Steroid-resistant nephrotic syndrome (SRNS) is characterized by resistance to standard steroid therapy, and is the main cause of childhood renal failure. The identification of more than 53 monogenic causes of SRNS has led researchers to focus on the genetic mutations related to the molecular mechanisms of the disease. Mutations in the PLCE1 gene, which encodes phospholipase C epsilon 1 (PLCε1), have been described in patients with early-onset SRNS characterized by progressive renal failure. The current study has screened for PLCE1 mutations in Egyptian children with SRNS. This is a descriptive case series study aiming to screen for PLCE1 gene mutations by direct sequencing of five putative exons 9, 12, 15, 19, 27 in 20 Egyptian children with SRNS, who entered the Nephrology Unit, Faculty of Medicine, Ain-Shams University from November 2015 to December 2017. The variants detected were submitted to in-silico analysis. This study identified seven variants in the five selected exons with homozygous and heterozygous inheritance patterns, two are intronic variants, two are silent variants, and three are missense variants. The current study identified four novel variants; two are silent with no clinical significance and two are missense with uncertain clinical significance and pathogenic in-silico predictions; one p.Arg1230His in exon 12, the other is p.Glu1393Lys in exon 15.

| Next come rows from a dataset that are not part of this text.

// The program's output for an input, handed to standard output page after page, up to the first write that fails. What the pages hold is decided in
// `program`. The loop carries how many bytes it has handed over, and a page is handed over only where it is the part of the output that starts at that
// count: none is left out, repeated or out of order, and what arrived is always a beginning of the output.
#![tactic(auto)]

ghost use Rattle.std.specs.Prelude.{◌≡◌, ◌+◌, ◌≤◌, length, IfOk};
ghost use Rattle.store.specs.Stores.{stored};
ghost use Rattle.emit.specs.Emit.{max_line};
ghost use Rattle.program.specs.Program.{output_of, fresh_store, max_output, left_to_print, StageStands, PartAt};
ghost use Rattle.printing.specs.Handed.{handed_after};

use program::Stage;
use std::io;
use std::io::Stdout;
use store::record::Record;

// The bytes of a page: any line fits.
pub const PAGE: usize = 131072;

// Hands over what the program prints for an input, and answers how many bytes: all of it, or a write failed.
pub fn print(stdout: Stdout, input: &[u8]) -> io::Result<usize>
    ensures { IfOk result (λ bytes. bytes ≡ length (output_of fresh_store input.now)) }
{
    let mut literals = [0u16; Record::MAX_LITERALS];
    let mut ends = [0u16; Record::MAX_CLAUSES];
    let mut keys = [0u64; Record::MAX_CLAUSES];
    let mut images = [0u16; Record::MAX_ROWS * Record::MAX_VARIABLES];
    let mut out = [0u8; PAGE];
    let begun = program::begin(input, &mut literals, &mut ends, &mut keys, &mut images);
    let stage = begun.stage;
    let counts = begun.counts;
    print_from(
        stdout, input, stage, counts, &literals, &ends, &images, &mut out,
    )
}

// Hands over page after page from the first stage on, until a page has no bytes or a write fails.
fn print_from(
    stdout: Stdout,
    input: &[u8],
    first: Stage,
    counts: Record,
    literals: &[u16],
    ends: &[u16],
    images: &[u16],
    out: &mut [u8],
) -> io::Result<usize>
    requires { let s = stored counts literals ends images in
        StageStands first s × (left_to_print first s ≡ output_of fresh_store input.now) × (max_line ≤ length out.old) }
    ensures { IfOk result (λ bytes. bytes ≡ length (output_of fresh_store input.now)) }
{
    let mut stage = first;
    let mut handed = 0;
    // From page to page: what comes next is known once a page is made.
    loop {
        let printed = program::page(stage, counts, literals, ends, images, out);
        let bytes = printed.bytes;
        let next = printed.stage;
        // a page without bytes is the last: `PageStep` of `program::page` says so
        if bytes == 0 {
            return Ok(handed);
        }
        handed = hand_over(stdout, input, handed, &out[..bytes])?;
        stage = next;
    }
}

// Hands over a page, which is the part of the input's output that starts where the pages before it end, and answers where it ends.
fn hand_over(stdout: Stdout, input: &[u8], handed: usize, page: &[u8]) -> io::Result<usize>
    requires { PartAt (output_of fresh_store input.now) handed page.now }
    ensures { IfOk result (λ bytes. bytes ≡ handed + length page.now) }
{
    counted(handed, stdio::write(stdout, page))
}

fn counted(handed: usize, answer: io::Result<usize>) -> io::Result<usize>
    requires { IfOk answer (λ count. handed + count ≤ max_output) }
    ensures { result ≡ handed_after handed answer }
{
    Ok(handed + answer?)
}
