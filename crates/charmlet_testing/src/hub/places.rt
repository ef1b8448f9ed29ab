//! Searches for seats and passes in their lists.

ghost use Rattle.std.specs.Prelude.{◌<◌, IfSome, length};

use charmlet_hub::{PassesOf, SeatsOf};
use charmlet_leases::{ClientPass, Seat};
use charmlet_sequencer::RuntimeName;

/// The place of a processor's seat.
pub(crate) fn place_of_seat<B: RuntimeName>(
    seats: &[Seat<SeatsOf<B>>],
    processor: u16,
) -> Option<usize>
    ensures { IfSome result (λ place. place < length seats.now) }
{
    for place in 0..seats.len() {
        if seats[place].processor() == processor {
            return Some(place);
        }
    }
    None
}

/// The place of a client's pass.
pub(crate) fn place_of_pass<B: RuntimeName>(
    passes: &[ClientPass<PassesOf<B>>],
    client: u32,
) -> Option<usize>
    ensures { IfSome result (λ place. place < length passes.now) }
{
    for place in 0..passes.len() {
        if passes[place].client() == client {
            return Some(place);
        }
    }
    None
}
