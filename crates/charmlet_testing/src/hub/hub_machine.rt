//! A hub with its shelves, and the seats and passes that it has lent.

ghost use Rattle.std.specs.Prelude.{◌≡◌, ◌≤◌, vec_len};
ghost use Rattle.std.specs.Vec.{vec_capacity};
ghost use Rattle.charmlet_locks.specs.GhostAuth.Naming.{table_of};
ghost use Rattle.charmlet_sequencer.specs.Sequencer.{IsOf};

use crate::disk::ProbeDisk;
use crate::hub::checkpointing::end as end_running;
use crate::hub::closing::{end, put_back, take_pass, take_seat};
use crate::objects::Object;
use crate::store::{Ended, ProbeStore, Without};
use charmlet_hub::{
    Checkpoint, CheckpointsOf, Closed, GhostToken, Hub, NotClosed, PassesOf, SeatsOf,
};
use charmlet_leases::{ClientPass, GhostIds, GhostPass, Seat};
use charmlet_locks::UnnamedAuthority;
use charmlet_model::Refusal;
use charmlet_sequencer::{GhostPart, Opened, ProcessorState, open_store};
use charmlet_store::empty_shelves;
use charmlet_watch::{GhostLog, SightingsOf, Watched, WatchedName, Watcher};
use std::alloc::{AllocError, Global};
use std::collections::BTreeMap;

/// The authorities of a hub, before they have their names.
#[derive(Drop)]
pub struct Authorities {
    pub parts: UnnamedAuthority<GhostPart>,
    pub seats: UnnamedAuthority<GhostIds>,
    pub passes: UnnamedAuthority<GhostPass>,
    pub checkpoints: UnnamedAuthority<GhostToken>,
    pub sightings: UnnamedAuthority<GhostLog>,
}

impl Authorities {
    /// New authorities of a hub. It fails only when out of memory.
    pub fn new(alloc: Global) -> Result<Authorities, AllocError> {
        let parts = UnnamedAuthority::new(alloc)?;
        let seats = UnnamedAuthority::new(alloc)?;
        let passes = UnnamedAuthority::new(alloc)?;
        let checkpoints = UnnamedAuthority::new(alloc)?;
        let sightings = UnnamedAuthority::new(alloc)?;
        Ok(Authorities {
            parts,
            seats,
            passes,
            checkpoints,
            sightings,
        })
    }
}

/// A hub with the log of its calls, the shelves under their locks, and the seats and passes that it
/// has lent. One thread works for all processors, as one caller.
pub struct HubMachine<B: WatchedName> {
    pub(crate) alloc: Global,
    pub(crate) hub: Watched<ProbeDisk, Object, B>,
    /// The one caller.
    pub(crate) me: Watcher<B>,
    pub(crate) shelves: Vec<ProcessorState<Object, B>>,
    /// The seats that are lent: those that were asked for, and those of processors that delivered.
    pub(crate) seats: Vec<Seat<SeatsOf<B>>>,
    /// The passes that are lent: those that were asked for, and those of clients that asked for
    /// something, since a hub knows none without one.
    pub(crate) passes: Vec<ClientPass<PassesOf<B>>>,
    /// The clients whose passes were asked for, and how many accepts each pass had by then.
    pub(crate) lent: BTreeMap<u32, u64>,
    /// The running checkpoint.
    pub(crate) checkpoint: Option<Checkpoint<B>>,
}

// Written by hand, so that dropping a hub is proved here, and not in each crate that drops such a
// machine.
impl<B: WatchedName> Drop for HubMachine<B> {
    fn drop(self) {
        let HubMachine {
            alloc: _,
            mut hub,
            mut me,
            shelves,
            seats,
            passes,
            lent,
            checkpoint,
        } = self;
        end_running(&mut hub, &mut me, checkpoint);
        drop(hub);
        drop(me);
        drop(shelves);
        drop(seats);
        drop(passes);
        drop(lent);
    }
}

impl<B: WatchedName> HubMachine<B> {
    /// A hub over a store, under its name. Nothing is lent. It fails only when out of memory.
    pub fn open(
        alloc: Global,
        store: ProbeStore,
        authorities: Authorities,
    ) -> Result<Self, AllocError>
        requires named { IsOf B.opening B.before B.processors store }
        requires generation { B.generation ≡ store.generation }
        requires parts { table_of authorities.parts ≡ B.table }
        requires seats { table_of authorities.seats ≡ B.seats }
        requires passes { table_of authorities.passes ≡ B.passes }
        requires checkpoints { table_of authorities.checkpoints ≡ B.checkpoints }
        requires sightings { table_of authorities.sightings ≡ B.sightings }
        requires honest { B.honest → ⊥ }
    {
        let processors = store.processors();
        match Vec::with_capacity(alloc, usize::from(processors)) {
            Ok(shelves) => Ok(Self::open_with(alloc, store, processors, authorities, shelves)),
            Err(_) => Err(AllocError),
        }
    }

    /// Opens a hub over a store, with a list that has room for its shelves.
    fn open_with(
        alloc: Global,
        store: ProbeStore,
        processors: u16,
        authorities: Authorities,
        shelves: Vec<ProcessorState<Object, B>>,
    ) -> Self
        requires named { IsOf B.opening B.before B.processors store }
        requires generation { B.generation ≡ store.generation }
        requires processors { processors ≡ B.processors }
        requires parts { table_of authorities.parts ≡ B.table }
        requires seats { table_of authorities.seats ≡ B.seats }
        requires passes { table_of authorities.passes ≡ B.passes }
        requires checkpoints { table_of authorities.checkpoints ≡ B.checkpoints }
        requires sightings { table_of authorities.sightings ≡ B.sightings }
        requires honest { B.honest → ⊥ }
        requires none { vec_len shelves ≡ 0 }
        requires room { B.processors ≤ vec_capacity shelves }
    {
        let (store, halves) = store.into_parts();
        let Authorities {
            parts,
            seats,
            passes,
            checkpoints,
            sightings,
        } = authorities;
        let Opened { sequencer, shelves } = open_store(store, halves, parts.named::<B>(), shelves);
        let seat_table = seats.named::<SeatsOf<B>>();
        let pass_table = passes.named::<PassesOf<B>>();
        let tokens = checkpoints.named::<CheckpointsOf<B>>();
        let hub = Hub::new(alloc, sequencer, processors, seat_table, pass_table, tokens);
        let (hub, me) = Watched::new(hub, sightings.named::<SightingsOf<B>>());
        HubMachine {
            alloc,
            hub,
            me,
            shelves,
            seats: Vec::new(alloc),
            passes: Vec::new(alloc),
            lent: BTreeMap::new(alloc),
            checkpoint: None,
        }
    }

    /// Takes the machine apart, handing in everything except `without`, or returns it with the
    /// refusal. A running checkpoint is given up.
    pub(crate) fn come_apart(self, without: Without) -> Result<Ended, (Refusal, Self)> {
        if self.shelves.len() != usize::from(self.hub.processors()) {
            return Err((Refusal::Strayed, self));
        }
        let Ok(empty) = empty_shelves(self.alloc, self.hub.processors()) else {
            return Err((Refusal::Memory, self));
        };
        let HubMachine {
            alloc,
            mut hub,
            mut me,
            shelves,
            mut seats,
            mut passes,
            lent,
            checkpoint,
        } = self;
        end_running(&mut hub, &mut me, checkpoint);
        let (hub, log) = hub.into_parts();
        let seat = take_seat(&mut seats, without);
        let pass = take_pass(&mut passes, without);
        match hub.close(shelves, empty, seats, passes) {
            Ok(
                Closed {
                    store,
                    halves,
                    own: _,
                },
            ) => Ok(end(store, halves)),
            Err(back) => {
                let NotClosed {
                    refusal,
                    hub,
                    shelves,
                    empty: _,
                    mut seats,
                    mut passes,
                } = back;
                put_back(&mut seats, seat);
                put_back(&mut passes, pass);
                Err((
                    refusal,
                    HubMachine {
                        alloc,
                        hub: Watched::from_parts(hub, log),
                        me,
                        shelves,
                        seats,
                        passes,
                        lent,
                        checkpoint: None,
                    },
                ))
            }
        }
    }
}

These four novel mutations added to the registered SNP spectrum of the PLCE1 gene. These results support the idea of the importance of genetic screening for different ethnic groups in disease genotyping, and for early diagnosis.
The use of computational scoring and modeling tools may assist in the evaluation of how the SNPs affect protein functionality, and their linkage to clinical phenotype.